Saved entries
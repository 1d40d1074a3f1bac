//! The opcode of each request. Replies and errors name it to say what they answer.

/// A setup has no opcode: 0 stands for it in its reply and its error.
pub const SETUP: u8 = 0;

/// Does nothing, and gets no reply.
pub const NO_OP: u8 = 1;

/// Asks for the time of a device.
pub const GET_TIME: u8 = 2;

/// Creates an audio context.
pub const CREATE_AC: u8 = 3;

/// Changes the settings of a context.
pub const CHANGE_AC: u8 = 4;

/// Frees a context.
pub const FREE_AC: u8 = 5;

/// Plays samples.
pub const PLAY: u8 = 6;

/// Records samples.
pub const RECORD: u8 = 7;

/// Selects which events of a device a link gets.
pub const SELECT_EVENTS: u8 = 8;

/// Sets the gains and switches of a device.
pub const SET_CONTROLS: u8 = 9;

/// Asks for the gains and switches of a device.
pub const QUERY_CONTROLS: u8 = 10;

/// Takes a telephone line off the hook, or hangs it up.
pub const HOOK_SWITCH: u8 = 11;

/// Asks for the state of a telephone line.
pub const QUERY_PHONE: u8 = 12;
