// The device that a job names.
ghost use Rattle.std.specs.Prelude.{◌≡◌, length, slice_get, IfOk};
ghost use Rattle.af_request.specs.Replies.{IsDeviceInfo};
ghost use Rattle.af_toolkit.specs.Device.{device_or_end};

use crate::end::ToolEnd;
use af_io::Link;
use af_lib::Conn;
use af_request::DeviceInfo;

/// The device with this number.
pub fn device_with<L: Link + Drop>(conn: &Conn<L>, number: u8) -> Result<DeviceInfo, ToolEnd>
    ensures value { result ≡ device_or_end (slice_get conn.now.devices number) (length conn.now.devices) }
    ensures stated { IfOk result (λ device. IsDeviceInfo device) }
{
    let devices = conn.devices();
    match devices.get(usize::from(number)) {
        Some(device) => Ok(*device),
        None => Err(ToolEnd::NoDevice {
            devices: devices.len() as u8,
        }),
    }
}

## [Assigned task]
Show every line of the entries above where the word "Rattle" occurs.

## [Exercise answer]
ghost use Rattle.std.specs.Prelude.{◌≡◌, length, slice_get, IfOk};
ghost use Rattle.af_request.specs.Replies.{IsDeviceInfo};
ghost use Rattle.af_toolkit.specs.Device.{device_or_end};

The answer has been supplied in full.